Os gênios do Oscar não conhecem Jorge Drexler, e você?

Em 2005, um doutor em otorrinolaringologia assistiu, sentado numa confortável poltrona e vestido de fraque, à tentativa de homicídio de uma canção sua praticada pelo ator espanhol Antonio Banderas e o guitarrista mexicano Carlos Santana. A vítima foi a música Al Outro lado del Rio, literalmente executada pela dupla durante a cerimônia do Oscar.

Atenção, tirem as crianças da sala.


A canção, tema do filme “Diários de Motocicleta”, concorreu e venceu (seguramente porque a votação já estava encerrada antes do desastroso dueto) na categoria melhor canção original. O médico uruguaio Jorge Drexler não pôde cantar sua música, porque para os organizadores da festa ele era uma figura desconhecida no mundo. (Walter Salles critica decisão)
Ao subir ao palco para receber sua estátua, Jorge Drexler tomou o pulso da vítima e viu que ainda havia sinais vitais. Aproximou-se do microfone e, em vez do tradicional discurso de agradecimento, devolveu a vida à sua criação, ao cantá-la.
(Aqui, em entrevista à Rádio Eldorado, o músico conta como foi o convite para fazer a trilha do filme e fala do discurso musicado).

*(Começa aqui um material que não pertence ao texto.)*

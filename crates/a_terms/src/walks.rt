// Shift and put of types. Where a sum would pass 64 bits, which it does in no program, they answer want of memory.
ghost use Rattle.std.specs.Prelude.{◌≡◌, ◌+◌, ◌≤◌, ◌<◌, ◌^◌, IfOk, length};
ghost use Rattle.idx_core.specs.Over.{shifted, putted};
ghost use Rattle.a_terms.specs.Tree.{AVar, over, over_types, over_fields};
ghost use Rattle.a_terms.specs.Read.{atree, atrees, afields};

use crate::types::AType;
use idx_core::OutOfMemory;
use std::alloc::Global;

/// `a + b`, or want of memory past 64 bits.
pub fn sum(a: u64, b: u64) -> Result<u64, OutOfMemory>
    ensures { IfOk result (λ r. r ≡ a + b) }
{
    match a.checked_add(b) {
        Some(c) => Ok(c),
        None => Err(OutOfMemory),
    }
}

fn moved(by: u64, d: u64, i: u64) -> Result<AType, OutOfMemory>
    ensures { IfOk result (λ r. atree r ≡ shifted AVar by d i) }
{
    if i < d {
        Ok(AType::Var(i))
    } else {
        let j = sum(i, by)?;
        Ok(AType::Var(j))
    }
}

/// The type under `by` more names, where the variables below `d` are bound. An error is want of memory.
#[cycle(shifting)]
pub fn shift_type(alloc: Global, t: &AType, by: u64, d: u64) -> Result<AType, OutOfMemory>
    ensures { IfOk result (λ r. atree r ≡ over (shifted AVar by) d (atree t.now)) }
{
    match t {
        AType::Int => Ok(AType::Int),
        AType::Var(i) => {
            let made = moved(by, d, *i)?;
            Ok(made)
        }
        AType::Tuple(ts) => {
            let parts = shift_fields(alloc, ts, by, d)?;
            Ok(AType::Tuple(parts))
        }
        AType::Code { owes, args } => {
            let inner = sum(d, *owes)?;
            let parts = shift_all(alloc, args, by, inner)?;
            Ok(AType::Code {
                owes: *owes,
                args: parts,
            })
        }
        AType::Exists(body) => {
            let inner = sum(d, 1)?;
            let inside = shift_type(alloc, body, by, inner)?;
            Ok(AType::Exists(Box::new(alloc, inside)?))
        }
    }
}

/// The types under `by` more names. An error is want of memory.
#[cycle(shifting)]
pub fn shift_all(alloc: Global, ts: &[AType], by: u64, d: u64) -> Result<Vec<AType>, OutOfMemory>
    ensures { IfOk result (λ r. atrees r.items ≡ over_types (shifted AVar by) d (atrees ts.now)) }
{
    let mut made = Vec::with_capacity(alloc, ts.len())?;
    for t in ts {
        let one = shift_type(alloc, t, by, d)?;
        made.push(one)?;
    }
    Ok(made)
}

#[cycle(shifting)]
fn shift_fields(
    alloc: Global,
    ts: &[(AType, bool)],
    by: u64,
    d: u64,
) -> Result<Vec<(AType, bool)>, OutOfMemory>
    ensures { IfOk result (λ r. afields r.items ≡ over_fields (shifted AVar by) d (afields ts.now)) }
{
    let mut made = Vec::with_capacity(alloc, ts.len())?;
    for t in ts {
        let one = shift_type(alloc, &t.0, by, d)?;
        made.push((one, t.1))?;
    }
    Ok(made)
}

/// The same type again. An error is want of memory.
pub fn copy(alloc: Global, t: &AType) -> Result<AType, OutOfMemory>
    ensures { IfOk result (λ r. atree r ≡ atree t.now) }
{
    let made = shift_type(alloc, t, 0, 0)?;
    Ok(made)
}

/// The same types again. An error is want of memory.
pub fn copies(alloc: Global, ts: &[AType]) -> Result<Vec<AType>, OutOfMemory>
    ensures { IfOk result (λ r. atrees r.items ≡ atrees ts.now) }
{
    let made = shift_all(alloc, ts, 0, 0)?;
    Ok(made)
}

fn replaced(alloc: Global, s: &AType, c: u64, d: u64, i: u64) -> Result<AType, OutOfMemory>
    requires { c ≤ d }
    ensures { IfOk result (λ r. atree r ≡ putted AVar over c (atree s.now) d i) }
{
    if i < d {
        Ok(AType::Var(i))
    } else if i == d {
        let made = shift_type(alloc, s, d - c, 0)?;
        Ok(made)
    } else {
        Ok(AType::Var(i - 1))
    }
}

/// The type with `s` for the variable `c`, at the depth `d`. An error is want of memory.
#[cycle(putting)]
pub fn put_type(alloc: Global, t: &AType, s: &AType, c: u64, d: u64) -> Result<AType, OutOfMemory>
    requires { c ≤ d }
    ensures { IfOk result (λ r. atree r ≡ over (putted AVar over c (atree s.now)) d (atree t.now)) }
{
    match t {
        AType::Int => Ok(AType::Int),
        AType::Var(i) => {
            let made = replaced(alloc, s, c, d, *i)?;
            Ok(made)
        }
        AType::Tuple(ts) => {
            let parts = put_fields(alloc, ts, s, c, d)?;
            Ok(AType::Tuple(parts))
        }
        AType::Code { owes, args } => {
            let inner = sum(d, *owes)?;
            let parts = put_all(alloc, args, s, c, inner)?;
            Ok(AType::Code {
                owes: *owes,
                args: parts,
            })
        }
        AType::Exists(body) => {
            let inner = sum(d, 1)?;
            let inside = put_type(alloc, body, s, c, inner)?;
            Ok(AType::Exists(Box::new(alloc, inside)?))
        }
    }
}

/// The types with `s` for the variable `c`, at the depth `d`. An error is want of memory.
#[cycle(putting)]
pub fn put_all(
    alloc: Global,
    ts: &[AType],
    s: &AType,
    c: u64,
    d: u64,
) -> Result<Vec<AType>, OutOfMemory>
    requires { c ≤ d }
    ensures { IfOk result (λ r. atrees r.items ≡ over_types (putted AVar over c (atree s.now)) d (atrees ts.now)) }
{
    let mut made = Vec::with_capacity(alloc, ts.len())?;
    for t in ts {
        let one = put_type(alloc, t, s, c, d)?;
        made.push(one)?;
    }
    Ok(made)
}

#[cycle(putting)]
fn put_fields(
    alloc: Global,
    ts: &[(AType, bool)],
    s: &AType,
    c: u64,
    d: u64,
) -> Result<Vec<(AType, bool)>, OutOfMemory>
    requires { c ≤ d }
    ensures { IfOk result (λ r. afields r.items ≡ over_fields (putted AVar over c (atree s.now)) d (afields ts.now)) }
{
    let mut made = Vec::with_capacity(alloc, ts.len())?;
    for t in ts {
        let one = put_type(alloc, &t.0, s, c, d)?;
        made.push((one, t.1))?;
    }
    Ok(made)
}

O episódio do Oscar reflete a dificuldade que este uruguaio de 45 anos encontrou (e ainda encontra) para ser ouvido. Afinal, se a América do Sul é coadjuvante dentro do mercado financeiro da música, o Uruguai praticamente não existe.
Com a paciência e a destreza de um artesão, Drexler foi aos poucos traçando sua carreira, sem se importar muito com cifras e contratos. É músico desde sempre (aos quatro anos começou a tocar piano), mas antes de viver disso foi salva vidas e médico. Também se arriscou na literatura (ganhou um concurso na época de estudante e recebeu o prêmio das mãos de Eduardo Galeano) e no teatro – já como compositor.
Na metade dos anos 90, Drexler, já medianamente conhecido e respeitado no Rio da Prata, costumava abrir shows de gente graúda (entre elas, dois brasileiros: Caetano e João Bosco) quando se apresentavam no Uruguai. Foi graças a um empurrão de uma delas que a carreira do uruguaio decolou. Depois de abrir um show do espanhol Joaquim Sabina em Montevidéu, Drexler recebeu o convite para repetir a dose em Madri. Foi para fazer três shows, mas já está por lá faz 15 anos.

Aqui, No Pienses de Más, do álbum Llueve (de 1998)


Deixou Montevidéu, mas vira e mexe volta (inclusive para gravar seus discos) e aponta a distancia de sua terra como um dos elementos de inspiração.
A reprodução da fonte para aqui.